[NEW NONFICTION] Don’t Let Me Be Misunderstood

BY ANANYA KUMAR-BANERJEE

Fleabag was, without question, a 2019 hit. Hollywood affirmed the societal value of Fleabag this fall, offering writer, director, and main actress Phoebe Waller-Bridge widespread recognition for her work, winning three Emmy awards in 2019, and two Golden Globe awards.

Set in London, Fleabag reckons with the everyday struggles of a white, English, cis-gendered British woman. People of color don’t really figure into her storyline (except for one sexual encounter, in the second season). The show, though aware of whiteness, doesn’t seem interested in contextualizing Fleabag’s life within the grand scheme that produces her material conditions. Despite this, I still loved the show.

The highlight of Fleabag is not Fleabag herself (I know too many like her– troubled white feminists who daily confront the contradictions of their privilege and oppression), but the show’s narration. Waller-Bridge’s direction cultivates an intimate relationship between the viewer and Fleabag, created by moments when she looks directly into the camera. Through the screen, the viewer has access to the character’s self-reported motivations and thoughts. It’s those moments where she is the most tender, cruel, and honest. What’s interesting is that these connections are established by the visual—they begin when Fleabag makes eye contact with us.

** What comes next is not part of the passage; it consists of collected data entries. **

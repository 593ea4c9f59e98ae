//! The graph of jobs by which a pair comes after the pairs that its left circuit calls.
ghost use Rattle.std.specs.Prelude.{◌≡◌, ℕ, IfOk, map};
ghost use Rattle.plain_netlist.specs.Sound.{IsGood};
ghost use Rattle.composed_laws.specs.Answered.{is_called};
ghost use Rattle.net_model.specs.Rows.{plain_call, plain_circuit, plain_netlist};
ghost use Rattle.pair_jobs.specs.Jobs.{AreCalled, AreCalledJobs};

use job_graph::Graph;
use net_model::{CallRow, Circuit, Netlist};
use std::alloc::{AllocError, Global};

// The numbers of the called circuits, in the calls' order.
fn numbers(alloc: Global, calls: &[CallRow]) -> Result<Vec<u32>, AllocError>
    ensures { IfOk result (λ v. v.items ≡ map (λ r. r.circuit) calls.now) }
{
    calls.iter().map(|r| r.circuit).collect(alloc)
}

// The pairs that a circuit calls, ascending, each once.
fn called(alloc: Global, circuit: &Circuit) -> Result<Vec<u32>, AllocError>
    ensures { IfOk result (λ v. AreCalled (plain_circuit circuit.now) v.items) }
{
    let mut called = numbers(alloc, &circuit.calls)?;
    called.sort_unstable();
    called.dedup();
    Ok(called)
}

/// The graph of the pairs of a left netlist and its right one: the jobs are the pairs by their
/// numbers, and each waits for exactly the pairs that its left circuit calls. It takes the time to
/// sort each circuit's calls.
pub fn pair_graph(alloc: Global, left: &Netlist) -> Result<Graph, AllocError>
    requires { IsGood (plain_netlist left.now) (λ k. k) }
    ensures { IfOk result (AreCalledJobs (plain_netlist left.now)) }
{
    let mut inputs = Vec::with_capacity(alloc, left.circuits.len())?;
    for circuit in &left.circuits {
        inputs.push(called(alloc, circuit)?)?;
    }
    Graph::from_inputs(alloc, inputs)
}
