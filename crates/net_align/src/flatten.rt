//! Circuits flattened, callees first.
ghost use Rattle.std.specs.Prelude.{◌≡◌, ◌<◌, ℕ, List, IfOk, length, replicate, None};
ghost use Rattle.align_laws.specs.Lists.{plain};
ghost use Rattle.call_order.specs.Order.{IsCallOrder};
ghost use Rattle.net_align.specs.Flattened.{Flattening, IsFlattening, AreClosed, AreFlats};
ghost use Rattle.net_align.specs.Laid.{goes_of};
ghost use Rattle.net_model.specs.Faults.{call_lists};
ghost use Rattle.net_model.specs.Rows.{plain_netlist};

use crate::inline::inline;
use crate::walk::is_marked;
use net_model::{Circuit, Netlist};
use std::alloc::{AllocError, Global};

/// The flat circuits of those that are marked, by their numbers. `goes` says of each circuit
/// whether it goes into its callers.
///
/// Linear in what is made: a circuit that goes is appended once for each call.
pub fn flatten(
    alloc: Global,
    netlist: &Netlist,
    order: &[u32],
    marks: &[bool],
    goes: &[bool],
) -> Result<Vec<Option<Circuit>>, AllocError>
    ghost f: { Flattening }
    requires flattening { IsFlattening (plain_netlist netlist.now) (goes_of goes.now) f }
    requires order { IsCallOrder (call_lists (plain_netlist netlist.now)) order.now }
    requires closed { AreClosed (plain_netlist netlist.now) marks.now }
    requires long { length goes.now ≡ length netlist.now.circuits.items }
    ensures { IfOk result (λ flats.
        AreFlats (plain_netlist netlist.now) f.flats marks.now flats.items) }
{
    let mut flats = no_circuits(alloc, netlist.circuits.len())?;
    for circuit in order {
        if is_marked(marks, *circuit) {
            let flat = inline(alloc, &netlist.circuits[*circuit as usize], goes, &flats)?;
            flats[*circuit as usize] = Some(flat);
        }
    }
    Ok(flats)
}

// A place for each circuit.
fn no_circuits(alloc: Global, count: usize) -> Result<Vec<Option<Circuit>>, AllocError>
    ensures { IfOk result (λ flats. length flats.items ≡ count) }
{
    let mut flats = Vec::with_capacity(alloc, count)?;
    for _ in 0..count {
        flats.push(None)?;
    }
    Ok(flats)
}
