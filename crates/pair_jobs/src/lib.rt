//! The pairs of two netlists as jobs: which pairs a pair waits for, the pins that matched pairs
//! hand up, what all answers come to, and what they say of the netlists.
#![tactic(auto)]

mod children;
mod jobs;
mod laws;
mod verdict;

pub use children::child_pins;
pub use jobs::pair_graph;
pub use laws::{pair_answers, verdicts};
pub use verdict::{Verdict, judge_run, some_differs};
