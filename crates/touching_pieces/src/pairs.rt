//! Pieces of two lists that touch, found by cutting the plane in two again and again.
//! Two that touch lie whole on one side or the other.

ghost use Rattle.std.specs.Prelude.{◌≡◌, OnOk, IfOk, [], ◌∷◌};
ghost use Rattle.touching_pieces.specs.Pairs.{AddsChains, AddsTouching, AreInTouch};
ghost use Rattle.touching_pieces.specs.Pairs.{begins_by, ends_behind, lows, highs};

use crate::crowds::link_crowd;
use crate::cuts::{Axis, Cut, NOWHERE, Step, cut_of, grown, share, step_of};
use crate::pieces::{Piece, touches};
use geo_base::Rect;
use link_classes::Link;
use std::alloc::{AllocError, Global};

// Cuts on the way to one pair; coordinates of 64 bits have no more.
const DEPTH: u32 = 128;

fn begins_by(cut: &Cut, rect: &Rect) -> bool
    ensures { result ≡ begins_by cut.now rect.now }
{
    match cut.axis {
        Axis::X => rect.x1 <= cut.at,
        Axis::Y => rect.y1 <= cut.at,
    }
}

fn ends_behind(cut: &Cut, rect: &Rect) -> bool
    ensures { result ≡ ends_behind cut.now rect.now }
{
    match cut.axis {
        Axis::X => cut.at < rect.x2,
        Axis::Y => cut.at < rect.y2,
    }
}

fn lows(alloc: Global, pieces: &[Piece], cut: &Cut) -> Result<Vec<Piece>, AllocError>
    ensures { IfOk result (λ v. v.items ≡ lows cut.now pieces.now) }
{
    pieces
        .iter()
        .filter(|p| begins_by(cut, &p.rect))
        .copied()
        .collect(alloc)
}

fn highs(alloc: Global, pieces: &[Piece], cut: &Cut) -> Result<Vec<Piece>, AllocError>
    ensures { IfOk result (λ v. v.items ≡ highs cut.now pieces.now) }
{
    pieces
        .iter()
        .filter(|p| ends_behind(cut, &p.rect))
        .copied()
        .collect(alloc)
}

// Links the two pieces where they touch.
pub(crate) fn link_two(one: &Piece, other: &Piece, out: &mut Vec<Link>) -> Result<(), AllocError>
    ensures { OnOk result (AddsTouching (one.now ∷ []) (other.now ∷ []) out.old.items
        out.new.items) }
{
    if one.item == other.item {
        return Ok(());
    }
    if touches(&one.rect, &other.rect) {
        out.push(Link {
            one: one.item,
            other: other.item,
        })?;
        return Ok(());
    }
    Ok(())
}

// Links the piece with what it touches of a list.
pub(crate) fn link_one(one: &Piece, others: &[Piece], out: &mut Vec<Link>) -> Result<(), AllocError>
    ensures { OnOk result (AddsTouching (one.now ∷ []) others.now out.old.items out.new.items) }
{
    for other in others {
        link_two(one, other, out)?;
    }
    Ok(())
}

fn link_all(ones: &[Piece], others: &[Piece], out: &mut Vec<Link>) -> Result<(), AllocError>
    ensures { OnOk result (AddsTouching ones.now others.now out.old.items out.new.items) }
{
    for one in ones {
        link_one(one, others, out)?;
    }
    Ok(())
}

// What falls to each side of what can be spared, of which the pieces cut of so many take some.
fn shares(low: usize, high: usize, count: usize, spare: usize) -> (usize, usize) {
    let parts = high.saturating_add(low);
    let left = spare.saturating_sub(parts.saturating_sub(count));
    let low_share = share(left, low, parts);
    (low_share, left.saturating_sub(low_share))
}

// The pieces of both lists on either side of a cut.
#[derive(Drop)]
struct Parts {
    low_ones: Vec<Piece>,
    low_others: Vec<Piece>,
    high_ones: Vec<Piece>,
    high_others: Vec<Piece>,
}

impl Parts {
    fn new(alloc: Global, ones: &[Piece], others: &[Piece], cut: &Cut) -> Result<Self, AllocError>
        ensures low_ones { IfOk result (λ p. p.low_ones.items ≡ lows cut.now ones.now) }
        ensures low_others { IfOk result (λ p. p.low_others.items ≡ lows cut.now others.now) }
        ensures high_ones { IfOk result (λ p. p.high_ones.items ≡ highs cut.now ones.now) }
        ensures high_others { IfOk result (λ p. p.high_others.items ≡ highs cut.now others.now) }
    {
        Ok(Parts {
            low_ones: lows(alloc, ones, cut)?,
            low_others: lows(alloc, others, cut)?,
            high_ones: highs(alloc, ones, cut)?,
            high_others: highs(alloc, others, cut)?,
        })
    }

    fn shares(&self, count: usize, spare: usize) -> (usize, usize) {
        let low = self.low_ones.len().saturating_add(self.low_others.len());
        let high = self.high_ones.len().saturating_add(self.high_others.len());
        shares(low, high, count, spare)
    }
}

fn link_halves(
    alloc: Global,
    ones: &[Piece],
    others: &[Piece],
    within: &Rect,
    depth: u32,
    spare: usize,
    out: &mut Vec<Link>,
) -> Result<(), AllocError>
    ensures { OnOk result (AddsTouching ones.now others.now out.old.items out.new.items) }
{
    if depth == 0 {
        link_all(ones, others, out)?;
        return Ok(());
    }
    let Some(cut) = cut_of(ones, others, within, spare) else {
        link_all(ones, others, out)?;
        return Ok(());
    };
    let parts = Parts::new(alloc, ones, others, &cut)?;
    let (low, high) = parts.shares(ones.len().saturating_add(others.len()), spare);
    let (below, above) = cut.halves(within);
    link_halves(
        alloc,
        &parts.low_ones,
        &parts.low_others,
        &below,
        depth - 1,
        low,
        out,
    )?;
    link_halves(
        alloc,
        &parts.high_ones,
        &parts.high_others,
        &above,
        depth - 1,
        high,
        out,
    )?;
    Ok(())
}

/// Adds a link for each two items that differ and have pieces, one in each list, that touch.
///
/// Near (n + m) log (n + m) + the number of such pairs, for lists of n and m pieces of which few
/// lie over one another.
pub fn touching_pairs(
    alloc: Global,
    ones: &[Piece],
    others: &[Piece],
    out: &mut Vec<Link>,
) -> Result<(), AllocError>
    ensures { OnOk result (AddsTouching ones.now others.now out.old.items out.new.items) }
{
    let within = grown(grown(NOWHERE, ones), others);
    let spare = ones.len().saturating_add(others.len()).saturating_mul(2);
    link_halves(alloc, ones, others, &within, DEPTH, spare, out)?;
    Ok(())
}

// Links pieces by chains. Where a cut would go through many, a piece that touches many is looked
// for: what it touches needs no more search.
fn chain_halves(
    alloc: Global,
    ones: &[Piece],
    others: &[Piece],
    within: &Rect,
    depth: u32,
    spare: usize,
    out: &mut Vec<Link>,
) -> Result<(), AllocError>
    ensures { OnOk result (AddsChains (AreInTouch ones.now others.now) out.old.items
        out.new.items) }
{
    if depth == 0 {
        link_all(ones, others, out)?;
        return Ok(());
    }
    match step_of(ones, others, within, spare) {
        Step::All => {
            link_all(ones, others, out)?;
            Ok(())
        }
        Step::Hub(hub) => {
            let left = link_crowd(alloc, hub, ones, others, within, out)?;
            chain_halves(alloc, &left, ones, within, depth - 1, spare, out)?;
            Ok(())
        }
        Step::Halves(cut) => {
            let parts = Parts::new(alloc, ones, others, &cut)?;
            let (low, high) = parts.shares(ones.len().saturating_add(others.len()), spare);
            let (below, above) = cut.halves(within);
            chain_halves(
                alloc,
                &parts.low_ones,
                &parts.low_others,
                &below,
                depth - 1,
                low,
                out,
            )?;
            chain_halves(
                alloc,
                &parts.high_ones,
                &parts.high_others,
                &above,
                depth - 1,
                high,
                out,
            )?;
            Ok(())
        }
    }
}

/// Adds links so that chains of them join each two items that have pieces, one in each list, that
/// touch. Each link is of two such items.
///
/// Near (n + m) log (n + m), for lists of n and m pieces: also where many lie over one another, for
/// these get few links and not one for each two.
pub fn touching_chains(
    alloc: Global,
    ones: &[Piece],
    others: &[Piece],
    out: &mut Vec<Link>,
) -> Result<(), AllocError>
    ensures { OnOk result (AddsChains (AreInTouch ones.now others.now) out.old.items
        out.new.items) }
{
    let within = grown(grown(NOWHERE, ones), others);
    let spare = ones.len().saturating_add(others.len()).saturating_mul(2);
    chain_halves(alloc, ones, others, &within, DEPTH, spare, out)?;
    Ok(())
}

// The same for one list taken twice.
fn own_shares(pieces: &[Piece], cut: &Cut, spare: usize) -> (usize, usize) {
    let mut low = 0usize;
    let mut high = 0usize;
    for piece in pieces {
        if begins_by(cut, &piece.rect) {
            low = low.saturating_add(2);
        }
        if ends_behind(cut, &piece.rect) {
            high = high.saturating_add(2);
        }
    }
    shares(low, high, pieces.len().saturating_mul(2), spare)
}

// Links pieces of one list by chains. The pieces on one side of a cut are gone before those on the
// other are listed.
fn chain_own(
    alloc: Global,
    pieces: &[Piece],
    within: &Rect,
    depth: u32,
    spare: usize,
    out: &mut Vec<Link>,
) -> Result<(), AllocError>
    ensures { OnOk result (AddsChains (AreInTouch pieces.now pieces.now) out.old.items
        out.new.items) }
{
    if depth == 0 {
        link_all(pieces, pieces, out)?;
        return Ok(());
    }
    match step_of(pieces, pieces, within, spare) {
        Step::All => {
            link_all(pieces, pieces, out)?;
            Ok(())
        }
        Step::Hub(hub) => {
            let left = link_crowd(alloc, hub, pieces, pieces, within, out)?;
            chain_halves(alloc, &left, pieces, within, depth - 1, spare, out)?;
            Ok(())
        }
        Step::Halves(cut) => {
            let (low_share, high_share) = own_shares(pieces, &cut, spare);
            let (below, above) = cut.halves(within);
            {
                let low = lows(alloc, pieces, &cut)?;
                chain_own(alloc, &low, &below, depth - 1, low_share, out)?;
            }
            let high = highs(alloc, pieces, &cut)?;
            chain_own(alloc, &high, &above, depth - 1, high_share, out)?;
            Ok(())
        }
    }
}

/// The same of each two pieces of one list: it takes half the time and a quarter of the memory.
pub(crate) fn own_chains(
    alloc: Global,
    pieces: &[Piece],
    out: &mut Vec<Link>,
) -> Result<(), AllocError>
    ensures { OnOk result (AddsChains (AreInTouch pieces.now pieces.now) out.old.items
        out.new.items) }
{
    let within = grown(NOWHERE, pieces);
    let spare = pieces.len().saturating_mul(4);
    chain_own(alloc, pieces, &within, DEPTH, spare, out)?;
    Ok(())
}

Perhaps more enchanting than these moments was the split second when someone else – the (Hot) Priest – noticed the eye contact was happening. (Hot) Priest’s intrusion into Waller-Bridger’s narration is like watching someone enter the mind of the maker. (Hot) Priest, played by Andrew Scott, is tumbling into the understanding produced by the poet and a clear-eared listener. It is this thing which makes art powerful: the negotiated space between two people trying to understand the thing between them, and by extension, one another. This is what makes (Hot) Priest hot: he wants to build this space with Fleabag. He already sees her. He wants to know her.

These past six months, I’ve been so happy on my own, and yet, even at the heights of my solitude, I wonder: what does it mean to be seen? How does it feel to be known? And perhaps most terrifyingly: are such requests impossible?

//

Seeing and knowing are irrevocably linked for me. This idea I’m engrossed with–being understood—recognizes that our methods of communication are not always useful in sharing the totality of our sentiments. As John Berger says in Ways of Seeing, “Seeing comes before words. A child looks and recognizes before it can speak.” Language, and the intangible and inaccessible images produced by language, allow me a way into recognition. But it is not plain language.

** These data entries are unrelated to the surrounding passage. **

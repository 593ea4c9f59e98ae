//! Layouts with a further layer for each selection of regions: what they are, and that they can be
//! written and are one, as what was read is.
#![tactic(auto)]

ghost use Rattle.staged_layouts.specs.Staged.{ShowsSelectionsLaw, StagedAlikeLaw};
ghost use Rattle.staged_layouts.specs.Staged.{StagedDepthLaw, StagedFitsLaw, StagedOnLaw};

use cell_graph::design_laws;
use rect_sets::one_list;
use select_laws::stages;

/// A layout with its selections is determined by the layout, fits a stream where that does, and
/// shows the flat selections.
pub fn staged()
    ensures alike { StagedAlikeLaw }
    ensures fits { StagedFitsLaw }
    ensures shows { ShowsSelectionsLaw }
{
    design_laws();
    one_list();
    stages();
}

/// What is found of selections that don't read one another makes a design the staged one, and
/// selections upon selections are those of one list.
pub fn stagings()
    ensures depth { StagedDepthLaw }
    ensures on { StagedOnLaw }
{
    design_laws();
    staged_designs::stages();
}
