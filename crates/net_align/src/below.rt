//! What stands below a top.
ghost use Rattle.std.specs.Prelude.{◌<◌, IfOk, length};
ghost use Rattle.net_align.specs.Compared.{AreTables};
ghost use Rattle.net_align.specs.Selected.{IsSelection};
ghost use Rattle.net_align.specs.Side.{IsSide};
ghost use Rattle.net_align.specs.Walked.{AreReached};
ghost use Rattle.net_model.specs.Rows.{plain_netlist};
ghost use Rattle.plain_netlist.specs.Sound.{IsSoundNetlist};

use crate::side::align_side;
use crate::walk::{circuit_order, holding, reached};
use job_board::Crew;
use list_base::number;
use net_model::Netlist;
use std::alloc::{AllocError, Global};
use std::thread::Threads;

/// All circuits of a netlist, each behind those that it calls; for each circuit whether the top
/// calls it, and whether a device stands in it or below it.
#[derive(Drop)]
pub struct Below {
    pub order: Vec<u32>,
    pub reached: Vec<bool>,
    pub holds: Vec<bool>,
}

/// Circuits of a netlist that an aligned one keeps, in its order, with what stands below the top.
#[derive(Clone, Copy)]
pub struct Selection<'a> {
    pub netlist: &'a Netlist,
    pub below: &'a Below,
    pub circuits: &'a [u32],
}

// What stands below this top. Linear in the calls.
fn walk_below(alloc: Global, netlist: &Netlist, top: usize) -> Result<Below, AllocError>
    requires sound { IsSoundNetlist (plain_netlist netlist.now) }
    requires top { top < length netlist.now.circuits.items }
    ensures tables { IfOk result (AreTables (plain_netlist netlist.now)) }
    ensures reached { IfOk result (λ b.
        AreReached (plain_netlist netlist.now) top b.reached.items) }
{
    number(netlist.circuits.len())?;
    let order = circuit_order(alloc, netlist)?;
    let reached = reached(alloc, netlist, &order, top)?;
    let holds = holding(alloc, netlist, &order)?;
    Ok(Below {
        order,
        reached,
        holds,
    })
}

// The selected circuits, flattened and cut, in the order given.
//
// Linear in what is made: a circuit that goes is appended once for each call.
fn side_of(alloc: Global, selection: &Selection<'_>) -> Result<Netlist, AllocError>
    requires { IsSelection selection.now }
    ensures { IfOk result (λ side. IsSide (plain_netlist selection.now.netlist.now)
        selection.now.circuits.now (plain_netlist side)) }
{
    let below = selection.below;
    align_side(
        alloc,
        selection.netlist,
        &below.order,
        &below.reached,
        &below.holds,
        selection.circuits,
    )
}

/// What stands below the tops of two netlists, walked side by side. Linear in the calls.
pub fn walk_both<R: Threads, G>(
    alloc: Global,
    layout: &Netlist,
    top: usize,
    schematic: &Netlist,
    right_top: usize,
    crew: &Crew<R, G>,
) -> Result<(Below, Below), AllocError>
    requires layout { IsSoundNetlist (plain_netlist layout.now) }
    requires schematic { IsSoundNetlist (plain_netlist schematic.now) }
    requires top { top < length layout.now.circuits.items }
    requires right_top { right_top < length schematic.now.circuits.items }
    ensures left { IfOk result (λ b. AreTables (plain_netlist layout.now) b.0) }
    ensures left_reached { IfOk result (λ b.
        AreReached (plain_netlist layout.now) top b.0.reached.items) }
    ensures right { IfOk result (λ b. AreTables (plain_netlist schematic.now) b.1) }
    ensures right_reached { IfOk result (λ b.
        AreReached (plain_netlist schematic.now) right_top b.1.reached.items) }
{
    let (left, right) = crew.both(
        || walk_below(alloc, layout, top),
        || walk_below(alloc, schematic, right_top),
    );
    Ok((left?, right?))
}

/// The selected circuits of a layout and of a schematic, flattened and cut, in the orders given; the
/// two sides are worked side by side. Linear in what is made: a circuit that goes is appended once
/// for each call.
pub fn both_sides<R: Threads, G>(
    alloc: Global,
    layout: &Selection<'_>,
    schematic: &Selection<'_>,
    crew: &Crew<R, G>,
) -> Result<(Netlist, Netlist), AllocError>
    requires layout { IsSelection layout.now }
    requires schematic { IsSelection schematic.now }
    ensures left { IfOk result (λ sides. IsSide (plain_netlist layout.now.netlist.now)
        layout.now.circuits.now (plain_netlist sides.0)) }
    ensures right { IfOk result (λ sides. IsSide (plain_netlist schematic.now.netlist.now)
        schematic.now.circuits.now (plain_netlist sides.1)) }
{
    let first = move || -> Result<Netlist, AllocError>
        requires { IsSelection layout.now }
        ensures { IfOk result (λ side. IsSide (plain_netlist layout.entry.now.netlist.now)
            layout.entry.now.circuits.now (plain_netlist side)) }
    { side_of(alloc, layout) };
    let second = move || -> Result<Netlist, AllocError>
        requires { IsSelection schematic.now }
        ensures { IfOk result (λ side. IsSide (plain_netlist schematic.entry.now.netlist.now)
            schematic.entry.now.circuits.now (plain_netlist side)) }
    { side_of(alloc, schematic) };
    let (one, other) = crew.both(first, second);
    Ok((one?, other?))
}
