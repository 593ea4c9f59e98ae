//! Marks of circuits.
ghost use Rattle.std.specs.Prelude.{◌≡◌, ◌<◌, IfOk, length, map};
ghost use Rattle.net_align.specs.Laid.{AreCircuitsBelow};
ghost use Rattle.net_align.specs.Marks.{AreCallsOfCircuits, FindsSole, circuits_called, marked};
ghost use Rattle.net_model.specs.Rows.{plain_netlist};

use net_model::{CallRow, Netlist};
use std::alloc::{AllocError, Global};

/// For each circuit whether a call names it. Linear in the calls.
pub fn called_circuits(alloc: Global, netlist: &Netlist) -> Result<Vec<bool>, AllocError>
    requires { AreCallsOfCircuits (plain_netlist netlist.now) }
    ensures { IfOk result (λ marks. marks.items ≡ circuits_called (plain_netlist netlist.now)) }
{
    let mut marks = vec![in alloc; false; netlist.circuits.len()]?;
    for circuit in &netlist.circuits {
        mark_called(&circuit.calls, &mut marks);
    }
    Ok(marks)
}

/// Sets the mark of each circuit that is called.
pub fn mark_called(calls: &[CallRow], marks: &mut Vec<bool>)
    requires { AreCircuitsBelow calls.now (length marks.old.items) }
    ensures { marks.new.items ≡ marked (map (λ r. r.circuit) calls.now) marks.old.items }
{
    for call in calls {
        marks[call.circuit as usize] = true;
    }
}

/// The number whose mark isn't set, where there is exactly one.
pub fn sole_unmarked(marks: &[bool]) -> Option<usize>
    ensures { FindsSole marks.now result }
{
    let mut found = None;
    for i in 0..marks.len() {
        if !marks[i] {
            if found.is_some() {
                return None;
            }
            found = Some(i);
        }
    }
    found
}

Language is not built for the lives we lead. Though I call my good friends often from the other side of the earth, there’s a part of my life they’re missing by not physically seeing me. Kelsey doesn’t see the way the angles of my face soften when I talk about a new crush. Mia doesn’t see how the new Maggie Rogers song makes my eyes well as I think about that last person I loved. Irene isn’t here to touch my forehead when I think I have a fever. Our texts don’t suffice. They do not make me recognizable.

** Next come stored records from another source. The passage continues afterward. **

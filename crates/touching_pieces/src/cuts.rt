//! Where pieces are cut; any cut gives the same links.

ghost use Rattle.touching_pieces.specs.Crowds.{IsStepOf};

use crate::crowds::hub_of;
use crate::pieces::Piece;
use geo_base::Rect;

// A list this short is compared with the other as it is.
const FEW: usize = 8;

// In lists longer together than this a cut is cheap that goes through one piece in so many.
const SMALL: usize = 256;

const RARE: usize = 8;

#[derive(Clone, Copy, Debug)]
pub enum Axis {
    X,
    Y,
}

/// An upright line at x, or a level line at y.
#[derive(Clone, Copy, Debug)]
pub struct Cut {
    pub axis: Axis,
    pub at: i64,
}

impl Cut {
    /// The parts of a rectangle on the lower side and on the upper.
    pub fn halves(&self, r: &Rect) -> (Rect, Rect) {
        let mut low = *r;
        let mut high = *r;
        match self.axis {
            Axis::X => {
                low.x2 = self.at;
                high.x1 = self.at;
            }
            Axis::Y => {
                low.y2 = self.at;
                high.y1 = self.at;
            }
        }
        (low, high)
    }
}

/// What bounds no piece.
pub const NOWHERE: Rect = Rect {
    x1: i64::MAX,
    y1: i64::MAX,
    x2: i64::MIN,
    y2: i64::MIN,
};

/// The least rectangle that bounds the pieces and this one.
pub fn grown(bounds: Rect, pieces: &[Piece]) -> Rect {
    let mut all = bounds;
    for piece in pieces {
        all = all.bounding_box(&piece.rect);
    }
    all
}

fn middle(low: i64, high: i64) -> i64 {
    (low >> 1) + (high >> 1)
}

fn is_crossing(rect: &Rect, cut: &Cut) -> bool {
    match cut.axis {
        Axis::X => rect.x1 <= cut.at && cut.at < rect.x2,
        Axis::Y => rect.y1 <= cut.at && cut.at < rect.y2,
    }
}

fn crossings(pieces: &[Piece], cut: &Cut) -> usize {
    let mut count = 0usize;
    for piece in pieces {
        if is_crossing(&piece.rect, cut) {
            count = count.saturating_add(1);
        }
    }
    count
}

// The middle line of what bounds the pieces within a rectangle that goes through fewer of them, and
// through how many.
fn least_cut(ones: &[Piece], others: &[Piece], within: &Rect) -> (Cut, usize) {
    let all = grown(grown(NOWHERE, ones), others).common(within);
    let upright = Cut {
        axis: Axis::X,
        at: middle(all.x1, all.x2),
    };
    let level = Cut {
        axis: Axis::Y,
        at: middle(all.y1, all.y2),
    };
    let crossed = crossings(ones, &upright).saturating_add(crossings(others, &upright));
    let crossed_level = crossings(ones, &level).saturating_add(crossings(others, &level));
    if crossed <= crossed_level {
        (upright, crossed)
    } else {
        (level, crossed_level)
    }
}

/// The middle line of what bounds the pieces within a rectangle that goes through fewer of them,
/// where it leaves at least half of them whole and no more are cut than can be spared.
pub fn cut_of(ones: &[Piece], others: &[Piece], within: &Rect, spare: usize) -> Option<Cut> {
    if ones.len() <= FEW || others.len() <= FEW {
        return None;
    }
    let (cut, crossed) = least_cut(ones, others, within);
    if crossed > ones.len().saturating_add(others.len()) / 2 || crossed > spare {
        return None;
    }
    Some(cut)
}

/// What to do with two lists: cut them, begin with a piece of the first that touches many of the
/// other, or compare them as they are.
pub enum Step {
    Halves(Cut),
    Hub(usize),
    All,
}

/// A cut that few pieces cross is best, then a hub, then any cut that can be spared.
pub fn step_of(ones: &[Piece], others: &[Piece], within: &Rect, spare: usize) -> Step
    ensures { IsStepOf ones.now result }
{
    if ones.len() <= FEW || others.len() <= FEW {
        return Step::All;
    }
    let (cut, crossed) = least_cut(ones, others, within);
    let count = ones.len().saturating_add(others.len());
    let few = if count <= SMALL {
        count / 2
    } else {
        count / RARE
    };
    if crossed <= few && crossed <= spare {
        return Step::Halves(cut);
    }
    if let Some(hub) = hub_of(ones, others, within) {
        return Step::Hub(hub);
    }
    if crossed <= count / 2 && crossed <= spare {
        return Step::Halves(cut);
    }
    Step::All
}

/// The part of what can be spared that falls to some of all pieces.
pub fn share(spare: usize, some: usize, all: usize) -> usize {
    if all == 0 {
        0
    } else {
        spare.saturating_mul(some) / all
    }
}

Earlier this summer, I was traveling around Europe with a childhood friend. The last city we went to was Rome. I was at Palazzo Barberini, which houses the Galleria Nazionale d’Arte Antica or Italy’s National Gallery of Ancient Art.

It plays host to many famous paintings, but perhaps the most singular is La Fornarina (the Baker), a portrait by Raphael.  The figure is believed to have been Raphael’s lover, Margarita Luti. She appears in other paintings by Raphael, but it is this painting that draws out the rapture in me. I am particularly interested in the way Raphael uses translucent cloth to suggest Margarita’s agency in exposing herself. A classic subject of the period is the naked body. Raphael shows this form in La Fornarina, but covers her in cloth. Thus, she is clothed and naked, visible and opaque, at the same time.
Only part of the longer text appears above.